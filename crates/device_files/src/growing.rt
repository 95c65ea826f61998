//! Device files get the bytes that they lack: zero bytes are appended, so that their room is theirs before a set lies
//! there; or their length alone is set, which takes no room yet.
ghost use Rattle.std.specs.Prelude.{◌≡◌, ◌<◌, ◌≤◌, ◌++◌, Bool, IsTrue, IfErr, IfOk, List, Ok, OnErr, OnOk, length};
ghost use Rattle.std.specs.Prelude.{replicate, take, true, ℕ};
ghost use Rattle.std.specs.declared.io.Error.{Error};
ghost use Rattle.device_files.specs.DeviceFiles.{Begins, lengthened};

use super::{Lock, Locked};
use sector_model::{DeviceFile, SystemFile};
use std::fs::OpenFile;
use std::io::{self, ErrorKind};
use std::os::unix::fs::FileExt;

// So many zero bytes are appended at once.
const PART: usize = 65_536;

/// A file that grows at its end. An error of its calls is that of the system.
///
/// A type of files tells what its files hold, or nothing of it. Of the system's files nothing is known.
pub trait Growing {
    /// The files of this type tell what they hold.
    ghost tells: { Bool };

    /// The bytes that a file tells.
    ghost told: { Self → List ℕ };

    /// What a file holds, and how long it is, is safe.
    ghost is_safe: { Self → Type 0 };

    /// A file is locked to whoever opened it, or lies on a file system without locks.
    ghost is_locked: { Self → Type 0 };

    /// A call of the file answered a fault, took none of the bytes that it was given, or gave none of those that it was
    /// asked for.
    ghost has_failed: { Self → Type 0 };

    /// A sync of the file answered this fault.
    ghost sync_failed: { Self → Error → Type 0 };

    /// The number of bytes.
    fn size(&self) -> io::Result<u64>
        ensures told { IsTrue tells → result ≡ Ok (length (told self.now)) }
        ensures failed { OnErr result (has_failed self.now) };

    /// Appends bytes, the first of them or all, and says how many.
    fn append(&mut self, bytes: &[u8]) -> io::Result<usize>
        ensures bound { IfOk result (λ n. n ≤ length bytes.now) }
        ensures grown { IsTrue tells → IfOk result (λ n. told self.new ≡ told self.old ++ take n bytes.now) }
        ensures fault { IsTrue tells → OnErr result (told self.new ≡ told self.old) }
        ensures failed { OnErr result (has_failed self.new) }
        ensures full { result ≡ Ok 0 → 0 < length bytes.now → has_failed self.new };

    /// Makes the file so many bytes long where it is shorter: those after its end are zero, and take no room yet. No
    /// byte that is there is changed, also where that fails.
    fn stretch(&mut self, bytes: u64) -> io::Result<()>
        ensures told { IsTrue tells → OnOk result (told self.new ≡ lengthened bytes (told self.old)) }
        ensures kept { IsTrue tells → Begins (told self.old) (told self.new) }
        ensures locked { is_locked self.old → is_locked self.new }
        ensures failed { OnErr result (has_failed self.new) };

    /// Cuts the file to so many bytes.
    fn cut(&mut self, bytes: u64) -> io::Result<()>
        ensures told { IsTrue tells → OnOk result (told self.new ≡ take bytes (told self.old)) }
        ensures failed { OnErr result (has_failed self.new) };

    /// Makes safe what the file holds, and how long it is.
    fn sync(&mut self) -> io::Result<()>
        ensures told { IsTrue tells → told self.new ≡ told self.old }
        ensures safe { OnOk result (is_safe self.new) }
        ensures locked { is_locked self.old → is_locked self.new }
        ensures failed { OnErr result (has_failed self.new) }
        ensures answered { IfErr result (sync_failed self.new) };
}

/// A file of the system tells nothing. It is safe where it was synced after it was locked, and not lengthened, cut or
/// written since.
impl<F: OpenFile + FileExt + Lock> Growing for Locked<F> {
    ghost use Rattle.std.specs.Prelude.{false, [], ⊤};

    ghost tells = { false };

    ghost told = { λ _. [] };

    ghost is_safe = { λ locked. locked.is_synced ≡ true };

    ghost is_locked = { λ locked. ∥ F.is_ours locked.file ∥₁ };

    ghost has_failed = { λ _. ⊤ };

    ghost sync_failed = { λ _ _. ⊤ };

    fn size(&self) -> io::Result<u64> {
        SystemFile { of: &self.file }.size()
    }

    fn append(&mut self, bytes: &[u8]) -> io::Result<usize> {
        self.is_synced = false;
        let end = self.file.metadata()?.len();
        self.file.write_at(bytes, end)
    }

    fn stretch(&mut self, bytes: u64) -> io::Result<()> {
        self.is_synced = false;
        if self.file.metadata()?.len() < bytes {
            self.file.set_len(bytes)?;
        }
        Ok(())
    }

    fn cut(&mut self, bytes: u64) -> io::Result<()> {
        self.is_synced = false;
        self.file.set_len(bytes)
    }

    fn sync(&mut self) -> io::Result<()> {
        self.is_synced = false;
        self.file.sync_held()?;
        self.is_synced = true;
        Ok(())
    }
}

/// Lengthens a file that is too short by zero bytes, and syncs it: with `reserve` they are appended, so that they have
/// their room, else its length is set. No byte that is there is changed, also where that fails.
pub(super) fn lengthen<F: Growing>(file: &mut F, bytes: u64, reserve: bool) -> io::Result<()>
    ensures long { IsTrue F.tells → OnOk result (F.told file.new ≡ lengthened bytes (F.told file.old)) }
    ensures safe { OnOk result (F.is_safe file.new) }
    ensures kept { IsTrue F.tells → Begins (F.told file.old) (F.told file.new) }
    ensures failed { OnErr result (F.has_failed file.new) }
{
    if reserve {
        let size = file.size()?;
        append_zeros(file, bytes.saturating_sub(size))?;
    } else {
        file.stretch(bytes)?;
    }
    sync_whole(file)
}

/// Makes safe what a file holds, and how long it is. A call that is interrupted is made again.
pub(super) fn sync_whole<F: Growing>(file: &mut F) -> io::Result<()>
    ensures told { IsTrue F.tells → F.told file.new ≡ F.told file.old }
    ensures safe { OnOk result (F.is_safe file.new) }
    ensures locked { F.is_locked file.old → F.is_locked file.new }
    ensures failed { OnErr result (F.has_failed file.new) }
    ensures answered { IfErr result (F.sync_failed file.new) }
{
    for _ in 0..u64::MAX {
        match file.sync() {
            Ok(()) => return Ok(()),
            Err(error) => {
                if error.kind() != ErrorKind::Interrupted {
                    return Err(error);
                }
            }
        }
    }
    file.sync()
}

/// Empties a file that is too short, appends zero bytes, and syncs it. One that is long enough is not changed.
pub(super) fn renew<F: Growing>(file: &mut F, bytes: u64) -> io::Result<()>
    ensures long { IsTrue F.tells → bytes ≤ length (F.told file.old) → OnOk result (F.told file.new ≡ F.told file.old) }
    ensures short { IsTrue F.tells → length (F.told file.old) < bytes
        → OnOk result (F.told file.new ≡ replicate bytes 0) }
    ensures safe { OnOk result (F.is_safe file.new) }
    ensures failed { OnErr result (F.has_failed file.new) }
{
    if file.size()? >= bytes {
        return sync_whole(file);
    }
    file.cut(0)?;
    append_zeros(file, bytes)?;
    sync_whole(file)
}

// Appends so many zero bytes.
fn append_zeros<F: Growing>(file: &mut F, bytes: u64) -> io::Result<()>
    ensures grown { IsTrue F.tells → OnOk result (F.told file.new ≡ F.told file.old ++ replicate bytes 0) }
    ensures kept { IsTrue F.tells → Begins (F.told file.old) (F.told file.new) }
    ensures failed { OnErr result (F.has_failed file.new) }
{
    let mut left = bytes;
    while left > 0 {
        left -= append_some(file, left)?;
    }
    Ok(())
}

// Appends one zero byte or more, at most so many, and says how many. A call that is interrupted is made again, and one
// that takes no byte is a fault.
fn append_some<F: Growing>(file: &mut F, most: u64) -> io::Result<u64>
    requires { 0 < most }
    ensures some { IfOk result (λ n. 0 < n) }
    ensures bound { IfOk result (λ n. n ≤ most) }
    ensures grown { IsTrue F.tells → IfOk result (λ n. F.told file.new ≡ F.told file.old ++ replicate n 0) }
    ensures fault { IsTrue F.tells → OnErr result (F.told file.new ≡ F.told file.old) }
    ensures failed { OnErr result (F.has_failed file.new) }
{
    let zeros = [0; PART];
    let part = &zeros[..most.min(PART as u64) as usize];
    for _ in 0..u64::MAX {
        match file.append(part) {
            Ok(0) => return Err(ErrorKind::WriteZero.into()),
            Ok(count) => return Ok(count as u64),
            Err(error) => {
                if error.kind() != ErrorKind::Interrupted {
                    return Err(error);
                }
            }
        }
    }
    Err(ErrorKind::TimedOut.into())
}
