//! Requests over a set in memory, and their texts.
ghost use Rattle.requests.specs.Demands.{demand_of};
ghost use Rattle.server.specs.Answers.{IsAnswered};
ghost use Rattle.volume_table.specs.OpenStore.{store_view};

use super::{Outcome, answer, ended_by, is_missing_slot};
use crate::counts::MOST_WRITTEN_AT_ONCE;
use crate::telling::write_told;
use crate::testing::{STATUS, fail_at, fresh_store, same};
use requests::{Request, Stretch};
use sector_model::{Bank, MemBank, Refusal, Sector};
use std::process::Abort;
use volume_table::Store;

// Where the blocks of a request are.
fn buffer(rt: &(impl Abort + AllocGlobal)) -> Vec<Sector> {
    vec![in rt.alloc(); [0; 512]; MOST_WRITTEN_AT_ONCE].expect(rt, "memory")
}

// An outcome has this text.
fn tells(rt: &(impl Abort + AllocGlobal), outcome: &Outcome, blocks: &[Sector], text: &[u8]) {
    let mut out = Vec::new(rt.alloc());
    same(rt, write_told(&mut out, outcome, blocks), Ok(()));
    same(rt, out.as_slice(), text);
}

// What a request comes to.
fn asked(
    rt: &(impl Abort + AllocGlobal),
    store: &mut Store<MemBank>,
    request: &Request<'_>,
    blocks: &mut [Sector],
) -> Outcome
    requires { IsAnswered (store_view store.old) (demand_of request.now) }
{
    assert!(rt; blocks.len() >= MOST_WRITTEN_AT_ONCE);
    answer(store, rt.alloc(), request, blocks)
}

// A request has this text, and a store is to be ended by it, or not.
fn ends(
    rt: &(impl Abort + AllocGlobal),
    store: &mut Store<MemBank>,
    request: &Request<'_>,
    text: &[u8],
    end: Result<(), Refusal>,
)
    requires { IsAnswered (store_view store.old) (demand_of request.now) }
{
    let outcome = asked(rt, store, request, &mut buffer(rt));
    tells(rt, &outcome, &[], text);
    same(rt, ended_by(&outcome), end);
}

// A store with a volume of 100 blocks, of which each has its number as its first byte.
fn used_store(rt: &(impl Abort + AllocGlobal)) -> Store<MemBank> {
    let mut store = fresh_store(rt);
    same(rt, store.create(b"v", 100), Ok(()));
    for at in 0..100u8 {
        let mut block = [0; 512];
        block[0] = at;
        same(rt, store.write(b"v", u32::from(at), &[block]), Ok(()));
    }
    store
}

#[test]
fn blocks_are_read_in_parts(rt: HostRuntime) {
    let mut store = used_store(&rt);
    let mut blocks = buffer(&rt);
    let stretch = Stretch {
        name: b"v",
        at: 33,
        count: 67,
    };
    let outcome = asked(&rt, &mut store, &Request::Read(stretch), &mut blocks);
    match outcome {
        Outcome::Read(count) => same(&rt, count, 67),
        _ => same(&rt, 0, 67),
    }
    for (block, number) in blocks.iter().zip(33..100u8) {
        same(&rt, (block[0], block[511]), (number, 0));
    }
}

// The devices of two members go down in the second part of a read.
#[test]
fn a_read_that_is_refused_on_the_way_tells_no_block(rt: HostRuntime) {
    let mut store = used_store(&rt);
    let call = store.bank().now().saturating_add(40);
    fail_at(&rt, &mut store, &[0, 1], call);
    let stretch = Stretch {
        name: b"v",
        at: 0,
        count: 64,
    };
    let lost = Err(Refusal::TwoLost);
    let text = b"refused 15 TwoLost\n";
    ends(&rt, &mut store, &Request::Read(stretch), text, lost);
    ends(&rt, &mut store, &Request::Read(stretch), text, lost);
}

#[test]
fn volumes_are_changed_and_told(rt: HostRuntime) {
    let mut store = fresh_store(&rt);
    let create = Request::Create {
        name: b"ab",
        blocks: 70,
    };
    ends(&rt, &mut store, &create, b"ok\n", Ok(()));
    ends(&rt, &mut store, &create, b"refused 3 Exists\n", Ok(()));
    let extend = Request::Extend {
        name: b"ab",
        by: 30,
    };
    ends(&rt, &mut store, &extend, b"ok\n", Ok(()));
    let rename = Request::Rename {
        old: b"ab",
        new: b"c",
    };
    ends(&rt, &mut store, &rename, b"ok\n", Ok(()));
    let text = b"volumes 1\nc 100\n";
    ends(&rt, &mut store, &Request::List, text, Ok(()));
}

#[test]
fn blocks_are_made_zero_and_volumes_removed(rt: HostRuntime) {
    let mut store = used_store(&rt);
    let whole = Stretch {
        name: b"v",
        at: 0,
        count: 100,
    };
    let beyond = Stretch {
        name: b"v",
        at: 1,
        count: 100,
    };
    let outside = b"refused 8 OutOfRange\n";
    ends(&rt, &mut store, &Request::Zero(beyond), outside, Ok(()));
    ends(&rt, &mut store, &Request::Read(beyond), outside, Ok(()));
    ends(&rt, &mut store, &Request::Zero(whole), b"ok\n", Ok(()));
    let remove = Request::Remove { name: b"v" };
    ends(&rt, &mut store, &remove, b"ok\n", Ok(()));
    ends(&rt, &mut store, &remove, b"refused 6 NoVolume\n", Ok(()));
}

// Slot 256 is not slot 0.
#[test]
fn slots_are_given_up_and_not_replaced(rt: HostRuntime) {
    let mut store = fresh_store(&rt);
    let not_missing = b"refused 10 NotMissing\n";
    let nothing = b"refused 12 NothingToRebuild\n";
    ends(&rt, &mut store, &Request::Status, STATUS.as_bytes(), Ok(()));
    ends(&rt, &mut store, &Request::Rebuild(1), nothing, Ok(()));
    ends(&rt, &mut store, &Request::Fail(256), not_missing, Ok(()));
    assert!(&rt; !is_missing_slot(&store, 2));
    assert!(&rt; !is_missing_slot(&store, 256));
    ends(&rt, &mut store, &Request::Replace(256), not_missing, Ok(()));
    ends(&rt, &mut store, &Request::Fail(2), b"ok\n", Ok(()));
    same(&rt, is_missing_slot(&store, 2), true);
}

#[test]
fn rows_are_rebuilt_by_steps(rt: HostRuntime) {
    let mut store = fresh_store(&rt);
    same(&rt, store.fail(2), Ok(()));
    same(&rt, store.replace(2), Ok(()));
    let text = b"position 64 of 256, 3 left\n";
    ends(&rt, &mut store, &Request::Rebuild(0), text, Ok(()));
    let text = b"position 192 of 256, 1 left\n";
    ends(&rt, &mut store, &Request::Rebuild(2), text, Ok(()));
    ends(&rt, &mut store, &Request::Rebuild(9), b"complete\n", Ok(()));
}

------------------------------------------------------------

Give back, exactly as written, the stretch from the line with "pub(super) fn sync_whole<F: Growing>(file: &mut" through the line with "many zero bytes.", and no other lines from the records above.

- _Your response_:
pub(super) fn sync_whole<F: Growing>(file: &mut F) -> io::Result<()>
    ensures told { IsTrue F.tells → F.told file.new ≡ F.told file.old }
    ensures safe { OnOk result (F.is_safe file.new) }
    ensures locked { F.is_locked file.old → F.is_locked file.new }
    ensures failed { OnErr result (F.has_failed file.new) }
    ensures answered { IfErr result (F.sync_failed file.new) }
{
    for _ in 0..u64::MAX {
        match file.sync() {
            Ok(()) => return Ok(()),
            Err(error) => {
                if error.kind() != ErrorKind::Interrupted {
                    return Err(error);
                }
            }
        }
    }
    file.sync()
}

/// Empties a file that is too short, appends zero bytes, and syncs it. One that is long enough is not changed.
pub(super) fn renew<F: Growing>(file: &mut F, bytes: u64) -> io::Result<()>
    ensures long { IsTrue F.tells → bytes ≤ length (F.told file.old) → OnOk result (F.told file.new ≡ F.told file.old) }
    ensures short { IsTrue F.tells → length (F.told file.old) < bytes
        → OnOk result (F.told file.new ≡ replicate bytes 0) }
    ensures safe { OnOk result (F.is_safe file.new) }
    ensures failed { OnErr result (F.has_failed file.new) }
{
    if file.size()? >= bytes {
        return sync_whole(file);
    }
    file.cut(0)?;
    append_zeros(file, bytes)?;
    sync_whole(file)
}

// Appends so many zero bytes.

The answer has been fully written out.